The district court issued its first class certification in this matter on March 22, 2000, certifying a class defined as all people obtaining a mortgage brokered by Heartland Mortgage ("Heartland") and financed by Standard Federal Bank ("Standard Federal"). On September 26, 2000, the district court modified its class certification to create a nationwide class defined as all individuals who obtained a mortgage financed by Standard Federal and brokered by any mortgage broker. This nationwide class certification, encompassing potentially hundreds or thousands of loans, is the subject of this interlocutory appeal. Standard Federal appeals from the district court order confirming class certification. For the reasons set forth below, we reverse.
Named plaintiffs Lonnie and Dawn Glover acquired an adjustable rate mortgage for the purchase of their home in the late 1980s. In 1996, they refinanced their loan and obtained a fixed-rate mortgage. Heartland brokered the 1996 transaction and Standard Federal funded and acquired the 1996 mortgage.
As part of the 1996 refinancing, Heartland brokered a mortgage for the Glovers with an "above par" interest rate and was subsequently paid a yield spread premium ("YSP") by Standard Federal.
The Glovers argue that the payment of the YSP constitutes a fee for the referral of a mortgage negotiated with interest rates that are disadvantageous to borrowers, and that this payment violates the Real Estate Settlement Procedures Act ("RESPA"), 12 U.S.C. § 2601, et. seq. RESPA was enacted to initiate significant reforms in the real estate settlement process "to insure that consumers throughout the Nation are provided with greater and more timely information on the nature and costs of the settlement process and are protected from unnecessarily high settlement charges caused by certain abusive practices." 12 U.S.C. § 2601(a). RESPA prohibits the payment of some referral fees, stating:
12 U.S.C. § 2607(c)(1) & (2). At issue in this case is whether payment of a YSP violates RESPA's prohibition against referral fees, or whether a YSP might satisfy RESPA's qualification of payments for goods and facilities actually furnished or services actually performed, which payments are not prohibited. A brief explanation of the industry practice regarding YSPs provides helpful insight.

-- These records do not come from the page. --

//! Components written through the sink of `comp_wire` and read off byte by byte: what its contracts can't say is that a call
//! is answered at all, and that the table is the published one.
//!
//! The tests stand in a crate of their own, since a crate with tests is proved twice.
#![tactic(auto)]

#[cfg(test)]
mod tests;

In the arena of retail and wholesale mortgages, banks such as Standard Federal fund mortgage loans originated by mortgage brokers. Mortgage brokers provide origination services and bring a borrower and a lender together to complete a loan. The Department of Housing and Urban Development ("HUD") estimates that mortgage brokers initiate about half of all home mortgages each year in the United States. These brokers provide "various services in processing mortgage loans, such as filling out the application, ordering required reports and documents, counseling the borrower and participating in the loan closing." Real Estate Settlement Procedures Act (RESPA) Statement of Policy 1999-1 Regarding Lender Payments to Mortgage Brokers, 64 Fed.Reg. 10080, 10081 (March 1, 1999) (hereinafter "HUD Policy Statement I"). Brokers may also offer goods and facilities such as office space and equipment to carry out loan-making functions. Id.
Brokers are entitled to compensation for their work and borrowers may choose to pay these fees in a variety of ways. The fees may be paid out-of-pocket by the borrower, they may be financed by adding the amount of such fees to the principal balance of their loan, or they may be paid indirectly by the borrower by way of a YSP paid by the lender to the broker. The second approach may not be available to all borrowers, however, if their loan-to-value ratio has already reached the maximum permitted by the lender. The payment of a YSP from the lender to the broker permits homebuyers to pay some or all of the up-front settlement costs over the life of the mortgage through a higher interest rate. HUD Policy Statement I, at 10081.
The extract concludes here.